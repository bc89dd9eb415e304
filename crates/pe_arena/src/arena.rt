//! The arena.
ghost use Rattle.std.specs.Prelude.{◌≡◌, ◌≢◌, ◌+◌, ◌-◌, ◌<◌, ◌≤◌, ◌^◌, ◌↔◌, [], IsSome, IsTrue, IfOk, IfErr, OnOk, OnErr, OnSome, Some, None, Err, length, option_copied, vec_len, vec_capacity};
ghost use Rattle.std.specs.Option.{option_copied_mut};
ghost use Rattle.std.specs.Borrow.{sem};
ghost use Rattle.slab.specs.Slab.{HasRoomFor};
ghost use Rattle.pe_arena.specs.Slots.{live, mark, holding, emptied, IsFree, HasFree, HasNoFree, IsNext, IsFull, IsGiven, HandsBack, Updates, StayDead, with_value};

use crate::handle::Handle;
use slab::Slab;
use std::alloc::{AllocError, Global};
use std::marker::Model;

/// Why a value was not taken in. It is handed back.
#[derive(Debug, Drop, PartialEq, Eq)]
pub enum Insert<T> {
    /// Each slot that the limit allows was made, and none of them is free.
    Full(T),
    /// Memory wants.
    Memory(T),
}

// A slot: the generation of its last handle, and the key of its value while it holds one.
#[derive(Clone, Copy)]
struct Row {
    generation: u64,
    key: Option<usize>,
}

impl Row {
    // The row of a slot that holds the value under this key.
    fn holding(generation: u64, key: usize) -> Row
        ensures { result ≡ record { generation = generation; key = Some key } }
    {
        Row {
            generation,
            key: Some(key),
        }
    }

    // Whether the slot may be used again once its value is gone.
    fn has_next_generation(self) -> bool
        ensures { IsTrue result ↔ (self.generation + 1 < 2 ^ 64) }
    {
        self.generation < u64::MAX
    }
}

/// Values under handles. A handle is live from the insert that gave it to the removal of its value,
/// and never again: a slot is used again, but for each value at the next generation. Once a slot has
/// given the greatest generation and its value is removed, it is retired.
#[derive(Drop)]
pub struct Arena<T> {
    values: Slab<T>,
    rows: Vec<Row>,
    free: Vec<u32>,
    limit: u32,
    first: u64,
    made: u64,
}

impl<T> Model for Arena<T> {
    ghost use Rattle.std.specs.Prelude.{map, vec_capacity};
    ghost use Rattle.pe_arena.specs.Slots.{Slots, slots_code};

    ghost Value = { Slots T };

    ghost coded = { slots_code T.code };

    ghost use Rattle.pe_arena.specs.Rows.{slot_of, IsArena};

    ghost view = { λ a. record {
      slots = map (slot_of a.values) a.rows.items;
      limit = a.limit;
      first = a.first;
      made = a.made;
    } };

    ghost invariant = { λ a. IsArena a.values a.rows.items a.free.items (vec_capacity a.free) a.limit a.made };
}

// Makes the growths of one more slot. There is then room to list each slot as free, so that a removal
// takes no memory.
fn make_room<T>(
    values: &mut Slab<T>,
    rows: &mut Vec<Row>,
    free: &mut Vec<u32>,
) -> Result<(), AllocError>
    requires { vec_len rows.old < u32.MAX }
    ensures for_value { OnOk result (HasRoomFor values.new 1) }
    ensures for_row { OnOk result (vec_len rows.new < vec_capacity rows.new) }
    ensures for_free { OnOk result (vec_len rows.new < vec_capacity free.new) }
    ensures values { values.new ≡ record values.old { capacity = values.new.capacity } }
    ensures rows { rows.new.items ≡ rows.old.items }
    ensures free { free.new.items ≡ free.old.items }
    ensures free_room { vec_capacity free.old ≤ vec_capacity free.new }
{
    values.reserve(1)?;
    rows.reserve(1)?;
    free.reserve(rows.len() + 1)
}

impl<T> Arena<T> {
    ghost use Rattle.pe_arena.specs.Lends.{lends_value, lends_get};

    /// An arena with no value. It makes at most `limit` slots, and each begins at generation `first`.
    pub fn new(alloc: Global, limit: u32, first: u64) -> Arena<T>
        ensures { result ≡ record { slots = []; limit = limit; first = first; made = 0 } }
    {
        Arena {
            values: Slab::new(alloc),
            rows: Vec::new(alloc),
            free: Vec::new(alloc),
            limit,
            first,
            made: 0,
        }
    }

    /// How many values were taken in, those that are gone among them.
    pub fn made(&self) -> u64
        ensures value { result ≡ self.now.made }
        ensures slots { length self.now.slots ≤ result }
    {
        self.made
    }

    /// Takes a value in, under a handle that no insert gave before: its generation is the slot's mark,
    /// which is then one more. A slot that is free is used again, and one is made where none is free.
    pub fn insert(&mut self, value: T) -> Result<Handle, Insert<T>>
        requires { self.old.made < u64.MAX }
        ensures slot { IfOk result (λ h. IsNext self.old h.slot) }
        ensures generation { IfOk result (λ h. h.generation ≡ mark self.old h.slot) }
        ensures slots { IfOk result (λ h. self.new ≡ holding self.old h.slot value) }

        // The handle was not live and is live with the value, all other handles are as before, and no dead
        // one lives again.
        ensures new { IfOk result (λ h. live self.old h ≡ None) }
        ensures given { IfOk result (λ h. IsGiven self.old self.new h) }
        ensures updates { IfOk result (λ h. Updates self.old self.new h (Some value)) }
        ensures dead { StayDead self.old self.new }

        // It fails where there is no slot or no memory, and then nothing changes.
        ensures full { (result ≡ Err (Insert.Full value)) ↔ IsFull self.old }
        ensures back { IfErr result (HandsBack value) }
        ensures err { OnErr result (self.new ≡ self.old) }
    {
        if self.free.is_empty() {
            self.insert_in_new_slot(value)
        } else {
            self.insert_in_free_slot(value)
        }
    }

    fn insert_in_new_slot(&mut self, value: T) -> Result<Handle, Insert<T>>
        requires room { self.old.made < u64.MAX }
        requires none { HasNoFree self.old }
        ensures slot { IfOk result (λ h. IsNext self.old h.slot) }
        ensures generation { IfOk result (λ h. h.generation ≡ mark self.old h.slot) }
        ensures slots { IfOk result (λ h. self.new ≡ holding self.old h.slot value) }
        ensures full { (result ≡ Err (Insert.Full value)) ↔ (length self.old.slots ≡ self.old.limit) }
        ensures back { IfErr result (HandsBack value) }
        ensures err { OnErr result (self.new ≡ self.old) }
    {
        let slot = self.rows.len();
        if slot == self.limit as usize {
            return Err(Insert::Full(value));
        }
        if make_room(&mut self.values, &mut self.rows, &mut self.free).is_err() {
            return Err(Insert::Memory(value));
        }
        let generation = self.first;
        let key = self.values.insert_reserved(value);
        self.rows.push_reserved(Row::holding(generation, key));
        self.made += 1;
        Ok(Handle {
            slot: slot as u32,
            generation,
        })
    }

    fn insert_in_free_slot(&mut self, value: T) -> Result<Handle, Insert<T>>
        requires room { self.old.made < u64.MAX }
        requires some { HasFree self.old }
        ensures slot { IfOk result (λ h. IsFree self.old h.slot) }
        ensures generation { IfOk result (λ h. h.generation ≡ mark self.old h.slot) }
        ensures slots { IfOk result (λ h. self.new ≡ holding self.old h.slot value) }
        ensures full { result ≢ Err (Insert.Full value) }
        ensures back { IfErr result (HandsBack value) }
        ensures err { OnErr result (self.new ≡ self.old) }
    {
        if self.values.reserve(1).is_err() {
            return Err(Insert::Memory(value));
        }
        let slot = self.free.pop().unwrap();
        let generation = self.rows[slot as usize].generation + 1;
        let key = self.values.insert_reserved(value);
        self.rows[slot as usize] = Row::holding(generation, key);
        self.made += 1;
        Ok(Handle { slot, generation })
    }

    /// The value of the handle; None where the handle is not live.
    pub fn get(&self, h: Handle) -> Option<&T>
        ensures { option_copied result ≡ live self.now h }
    {
        let row = self.rows.get(h.slot as usize)?;
        if row.generation != h.generation {
            return None;
        }
        self.values.get(row.key?)
    }

    fn is_live(&self, h: Handle) -> bool
        ensures { IsTrue result ↔ IsSome (live self.now h) }
    {
        self.get(h).is_some()
    }

    /// The value of the handle, to write; None where the handle is not live. Whatever is written, all
    /// other handles are as before.
    #[tactic(auto, using(crate::proofs::Live::write_updates))]
    pub fn get_mut(&mut self, h: Handle) -> Option<&mut T>
        ensures* lends { sem 𝓛 (lends_get T.row self.entry h result) }
        ensures value { option_copied_mut result ≡ live self.old h }
        ensures alone { (value : T) → IsSome (live self.old h) → Updates self.old (with_value self.old h.slot value) h (Some value) }
    {
        if self.is_live(h) {
            Some(self.value_mut(h))
        } else {
            None
        }
    }

    fn value_mut(&mut self, h: Handle) -> &mut T
        requires { IsSome (live self.old h) }
        ensures* lends { sem 𝓛 (lends_value T.row self.entry h result) }
        ensures value { live self.old h ≡ Some result.now }
    {
        let key = self.rows[h.slot as usize].key.unwrap();
        self.values.get_mut(key).unwrap()
    }

    /// Takes the value of the handle out; None where the handle is not live. The slot is free from
    /// then on, or retired where the handle has the greatest generation.
    pub fn remove(&mut self, h: Handle) -> Option<T>
        ensures value { result ≡ live self.old h }
        ensures slots { OnSome result (self.new ≡ emptied self.old h.slot) }
        ensures absent { result ≡ None → self.new ≡ self.old }

        // The handle is not live, all other handles are as before, and no dead one lives again.
        ensures updates { Updates self.old self.new h None }
        ensures dead { StayDead self.old self.new }
    {
        if self.is_live(h) {
            Some(self.take(h))
        } else {
            None
        }
    }

    fn take(&mut self, h: Handle) -> T
        requires { IsSome (live self.old h) }
        ensures value { live self.old h ≡ Some result }
        ensures slots { self.new ≡ emptied self.old h.slot }
    {
        let slot = h.slot as usize;
        let row = self.rows[slot];
        let value = self.values.remove(row.key.unwrap());
        self.rows[slot] = Row {
            generation: row.generation,
            key: None,
        };
        if row.has_next_generation() {
            self.free.push_reserved(h.slot);
        }
        value
    }
}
──────────────────────────────
_Directions for this task_: Everything from the first line of the material through the line containing "Values under handles." is to be printed exactly; lines after that are to be left out.

_Response box_:
repository bc89dd9eb415e304
filename crates/pe_arena/src/arena.rt
//! The arena.
ghost use Rattle.std.specs.Prelude.{◌≡◌, ◌≢◌, ◌+◌, ◌-◌, ◌<◌, ◌≤◌, ◌^◌, ◌↔◌, [], IsSome, IsTrue, IfOk, IfErr, OnOk, OnErr, OnSome, Some, None, Err, length, option_copied, vec_len, vec_capacity};
ghost use Rattle.std.specs.Option.{option_copied_mut};
ghost use Rattle.std.specs.Borrow.{sem};
ghost use Rattle.slab.specs.Slab.{HasRoomFor};
ghost use Rattle.pe_arena.specs.Slots.{live, mark, holding, emptied, IsFree, HasFree, HasNoFree, IsNext, IsFull, IsGiven, HandsBack, Updates, StayDead, with_value};

use crate::handle::Handle;
use slab::Slab;
use std::alloc::{AllocError, Global};
use std::marker::Model;

/// Why a value was not taken in. It is handed back.
#[derive(Debug, Drop, PartialEq, Eq)]
pub enum Insert<T> {
    /// Each slot that the limit allows was made, and none of them is free.
    Full(T),
    /// Memory wants.
    Memory(T),
}

// A slot: the generation of its last handle, and the key of its value while it holds one.
#[derive(Clone, Copy)]
struct Row {
    generation: u64,
    key: Option<usize>,
}

impl Row {
    // The row of a slot that holds the value under this key.
    fn holding(generation: u64, key: usize) -> Row
        ensures { result ≡ record { generation = generation; key = Some key } }
    {
        Row {
            generation,
            key: Some(key),
        }
    }

    // Whether the slot may be used again once its value is gone.
    fn has_next_generation(self) -> bool
        ensures { IsTrue result ↔ (self.generation + 1 < 2 ^ 64) }
    {
        self.generation < u64::MAX
    }
}

/// Values under handles. A handle is live from the insert that gave it to the removal of its value,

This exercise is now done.